The assumption seems to be that the adversary wants to confirm a guess of $\mathtt{value}$ given $\mathtt{hash}=\operatorname{SHA-256}(\mathtt{value}\mathbin\|\mathtt{pepper})$, for unknown random secret $\mathtt{pepper}$. This is an ad-hoc PRF of $\mathtt{value}$ with symmetric key $\mathtt{pepper}$.

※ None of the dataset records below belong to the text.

// How writers step.
ghost use Rattle.std.specs.Prelude.{◌≡◌, ◌<◌, false, length, slice_index_or, Option, Some, option_map, IfSome};
ghost use Rattle.pfc_writer.specs.Writer.{Task, is_returning};
ghost use Rattle.pfc_scene.specs.Queues.{MayGoOn};
ghost use Rattle.pfc_scene.specs.Scenes.{Moves};

use crate::scene::Scene;
use pfc_world::{Depot, Origin, World};
use pfc_writer::Phase;

impl<W: World, O: Origin<W>, P: Depot<W>> Scene<W, O, P> {
    /// The place of the core of the job that the writer at this place is at.
    fn core_of_job(&self, w: usize) -> Option<usize>
        requires { w < length self.now.writers }
        ensures low { IfSome result (λ i. i < length self.now.cores) }
        ensures of { IfSome result (λ i. (d : Option Task) → option_map (λ t. t.job.instance) (slice_index_or self.now.writers w d) ≡ Some i) }
    {
        let Some(instance) = self.writers[w].instance() else {
            return None;
        };
        if instance >= self.cores.len() as u64 {
            return None;
        }
        Some(instance as usize)
    }

    /// The writer at this place takes the first job of the queue, if there is one.
    fn take_job(&mut self, w: usize)
        requires { w < length self.old.writers }
        ensures { Moves self.old self.new }
    {
        let _taken = self.writers[w].take(&mut self.queue);
    }

    /// The writer at this place goes on to its next phase.
    fn go_on(&mut self, w: usize)
        requires w { w < length self.old.writers }
        requires may { (d : Option Task) → MayGoOn self.old.backings (slice_index_or self.old.writers w d) }
        ensures { Moves self.old self.new }
    {
        self.writers[w].go_on();
    }

    /// The writer at this place has the store of the core at that lent, where it is at home.
    fn lend_to(&mut self, w: usize, i: usize)
        requires w { w < length self.old.writers }
        requires i { i < length self.old.cores }
        requires phase { (d : Option Task) → option_map (λ t. t.returning) (slice_index_or self.old.writers w d) ≡ Some false }
        ensures { Moves self.old self.new }
    {
        if self.lend(i) {
            self.go_on(w);
        }
    }

    /// The writer at this place writes the block of its job by the loan of the core at that.
    fn write_at(&mut self, w: usize, i: usize)
        requires w { w < length self.old.writers }
        requires i { i < length self.old.cores }
        requires of { (d : Option Task) → option_map (λ t. t.job.instance) (slice_index_or self.old.writers w d) ≡ Some i }
        ensures { Moves self.old self.new }
    {
        let _turn = self.backings[i].write(&mut self.writers[w]);
    }

    /// The writer at this place gives the store of the core at that back.
    fn give_from(&mut self, w: usize, i: usize)
        requires w { w < length self.old.writers }
        requires i { i < length self.old.cores }
        requires of { (d : Option Task) → option_map (λ t. t.job.instance) (slice_index_or self.old.writers w d) ≡ Some i }
        ensures { Moves self.old self.new }
    {
        if self.give(i) {
            self.go_on(w);
        }
    }

    /// The writer at this place ends its job in the core at that.
    fn end_job(&mut self, w: usize, i: usize)
        requires w { w < length self.old.writers }
        requires i { i < length self.old.cores }
        requires phase { (d : Option Task) → option_map (λ t. t.returning) (slice_index_or self.old.writers w d) ≡ Some false }
        ensures { Moves self.old self.new }
    {
        let _ended = self.writers[w].end(&mut self.cores[i]);
        self.cores[i].own();
    }

    /// The next step of the job that the writer at this place is at.
    fn work(&mut self, w: usize, phase: Phase)
        requires w { w < length self.old.writers }
        requires phase { (d : Option Task) → option_map (λ t. t.returning) (slice_index_or self.old.writers w d) ≡ Some (is_returning phase) }
        ensures { Moves self.old self.new }
    {
        let Some(i) = self.core_of_job(w) else {
            return;
        };
        match phase {
            Phase::Taken => self.lend_to(w, i),
            Phase::Lent => self.write_at(w, i),
            Phase::Returning(_) => self.give_from(w, i),
            Phase::Given(_) => self.go_on(w),
            Phase::Counted(_) => self.end_job(w, i),
        }
    }

    /// One step of the writer at this place.
    pub(crate) fn write_step(&mut self, w: usize)
        requires { w < length self.old.writers }
        ensures { Moves self.old self.new }
    {
        match self.writers[w].phase() {
            None => self.take_job(w),
            Some(phase) => self.work(w, phase),
        }
    }

    /// The writer of this number, from 1 on, makes so many steps. Nothing comes of it where there is no such writer.
    pub fn write(&mut self, number: u32, times: u32)
        ensures { Moves self.old self.new }
    {
        if number == 0 || number as usize > self.writers.len() {
            return;
        }
        let w = number as usize - 1;
        for _step in 0..times {
            self.write_step(w);
        }
    }
}
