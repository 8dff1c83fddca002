// How clients step, one move after the other.
ghost use Rattle.std.specs.Prelude.{◌≡◌, ◌<◌, length, IsTrue};
ghost use Rattle.pfc_actor.specs.Backings.{depot_of, IsSoundAtHome};
ghost use Rattle.pfc_scene.specs.Scenes.{IsLentBy, Moves, PersistsBy, Plays};

use crate::scene::{Scene, find_client};
use pfc_actor::Place;
use pfc_world::{Clock, Depot, Origin, World};
use std::alloc::Global;

impl<W: World, O: Origin<W>, P: Depot<W>> Scene<W, O, P> {
    /// The client at this place makes its next move, unless that is in the opening of a file.
    pub(crate) fn move_within<K: Clock>(&mut self, alloc: Global, clock: &mut K, j: usize)
        requires told { IsTrue W.told → IsTrue P.Data.told }
        requires j { j < length self.old.clients }
        ensures { Moves self.old self.new }
    {
        match self.clients[j].place() {
            Place::Alone => self.step_alone(alloc, j),
            Place::Wants => self.enter(alloc, j),
            Place::Enters => (),
            Place::Puts => self.put(j),
            Place::Core(i) => self.step_at(alloc, clock, j, i as usize),
            Place::Lends(i) => self.lend_at(j, i as usize),
            Place::Reads(i) => self.read_at(j, i as usize),
            Place::Returns(i) => self.return_at(j, i as usize),
            Place::Leaves(i) => self.leave_at(j, i as usize),
        }
    }

    /// The client at this place goes on, wherever it is.
    fn move_on<K: Clock>(&mut self, alloc: Global, depot: &mut P, clock: &mut K, j: usize)
        requires told { IsTrue W.told → IsTrue P.Data.told }
        requires sound { IsSoundAtHome W.told P.Data.told W.files (P.home_data depot.old) (P.home_main depot.old) }
        requires lent { IsLentBy (depot_of P.out P.lent P.faults depot.old) self.old.backings }
        requires j { j < length self.old.clients }
        ensures sound { IsSoundAtHome W.told P.Data.told W.files (P.home_data depot.new) (P.home_main depot.new) }
        ensures lent { IsLentBy (depot_of P.out P.lent P.faults depot.new) self.new.backings }
        ensures plays { Plays self.old (depot_of P.out P.lent P.faults depot.old) self.new (depot_of P.out P.lent P.faults depot.new) }
        ensures persists { PersistsBy W.told P.Data.told W.files self.old (P.home_main depot.old) self.new (P.home_main depot.new) }
        ensures unlisted { P.unlisted depot.new ≡ P.unlisted depot.old }
    {
        match self.clients[j].place() {
            Place::Enters => self.open(alloc, depot, clock, j),
            _ => self.move_within(alloc, clock, j),
        }
    }

    /// One step of the client at this place. A request that it takes up makes its first move on a core in the same step, and a part
    /// that is on disk its first on the store.
    pub(crate) fn step<K: Clock>(&mut self, alloc: Global, depot: &mut P, clock: &mut K, j: usize)
        requires told { IsTrue W.told → IsTrue P.Data.told }
        requires sound { IsSoundAtHome W.told P.Data.told W.files (P.home_data depot.old) (P.home_main depot.old) }
        requires lent { IsLentBy (depot_of P.out P.lent P.faults depot.old) self.old.backings }
        requires j { j < length self.old.clients }
        ensures sound { IsSoundAtHome W.told P.Data.told W.files (P.home_data depot.new) (P.home_main depot.new) }
        ensures lent { IsLentBy (depot_of P.out P.lent P.faults depot.new) self.new.backings }
        ensures plays { Plays self.old (depot_of P.out P.lent P.faults depot.old) self.new (depot_of P.out P.lent P.faults depot.new) }
        ensures persists { PersistsBy W.told P.Data.told W.files self.old (P.home_main depot.old) self.new (P.home_main depot.new) }
        ensures unlisted { P.unlisted depot.new ≡ P.unlisted depot.old }
    {
        self.move_on(alloc, depot, clock, j);
        if self.clients[j].is_taken() {
            self.move_on(alloc, depot, clock, j);
        }
    }

    /// A client makes so many steps. Nothing comes of it where there is no such client.
    pub fn go<K: Clock>(
        &mut self,
        alloc: Global,
        depot: &mut P,
        clock: &mut K,
        number: u32,
        times: u32,
    )
        requires told { IsTrue W.told → IsTrue P.Data.told }
        requires sound { IsSoundAtHome W.told P.Data.told W.files (P.home_data depot.old) (P.home_main depot.old) }
        requires lent { IsLentBy (depot_of P.out P.lent P.faults depot.old) self.old.backings }
        ensures sound { IsSoundAtHome W.told P.Data.told W.files (P.home_data depot.new) (P.home_main depot.new) }
        ensures lent { IsLentBy (depot_of P.out P.lent P.faults depot.new) self.new.backings }
        ensures plays { Plays self.old (depot_of P.out P.lent P.faults depot.old) self.new (depot_of P.out P.lent P.faults depot.new) }
        ensures persists { PersistsBy W.told P.Data.told W.files self.old (P.home_main depot.old) self.new (P.home_main depot.new) }
        ensures unlisted { P.unlisted depot.new ≡ P.unlisted depot.old }
    {
        let Some(j) = find_client(&self.clients, number) else {
            return;
        };
        for _step in 0..times {
            self.step(alloc, depot, clock, j);
        }
    }
}
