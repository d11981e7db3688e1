//! The work of `rolltee`: each line of an input goes to a rolling log, through a queue or directly.
#![tactic(auto)]

pub mod check;
pub mod feed;
pub mod file_log;
mod lock;
pub mod logs;
pub mod losses;
mod opening;
mod reason;
pub mod tee;
mod title;
mod waiting;
mod writers;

No, the small size/entropy in $\mathtt{value}$ is not an issue. Neither is having a million of millions of $\mathtt{value}$ (or/and of leaked $\mathtt{hash}$ ). Without a successful and complete guess of $\mathtt{pepper}$, as far as we know, the adversary can't learn anything about $\mathtt{value}$ from its $\mathtt{hash}$ (beyond two $\mathtt{value}$ being identical with practical certainty when their $\mathtt{hash}$ is, something that additional random public salt would fix, see Maarten Bodewes's answer). Main theoretical weakness is the relatively small size of $\mathtt{pepper}$ (here 80-bit), which should be 128-bit or more by modern standards. Of course, there's the issue of keeping $\mathtt{pepper}$ secret, and other implementation issues (but the classic timing side channel of memcmp
does not matter).
The best known generic attack is essentially brute force. For each guess of $\mathtt{value}$, it enumerates $\mathtt{pepper}$, computes $\operatorname{SHA-256}(\mathtt{value}\mathbin\|\mathtt{pepper})$, and compares to the given $\mathtt{hash}$ (or the full list of theses). If there are several guesses of $\mathtt{value}$ with different likelihood, it pays to try the guesses from most to least likely. If $\mathtt{value}$ was long (so that $\mathtt{value}\mathbin\|\mathtt{pepper}$ exceeds the 64-byte block size of the SHA-256 internals), it would pay to cache the intermediate values that do not vary with each $\mathtt{pepper}$.
Note: we'd have better academic security assurance if we used HMAC-SHA-256 rather than this ad-hoc PRF. See M. Bellare: New Proofs for NMAC and HMAC: Security without Collision-Resistance, in Journal or Cryptology, 2015, originally in proceedings of Crypto 2006.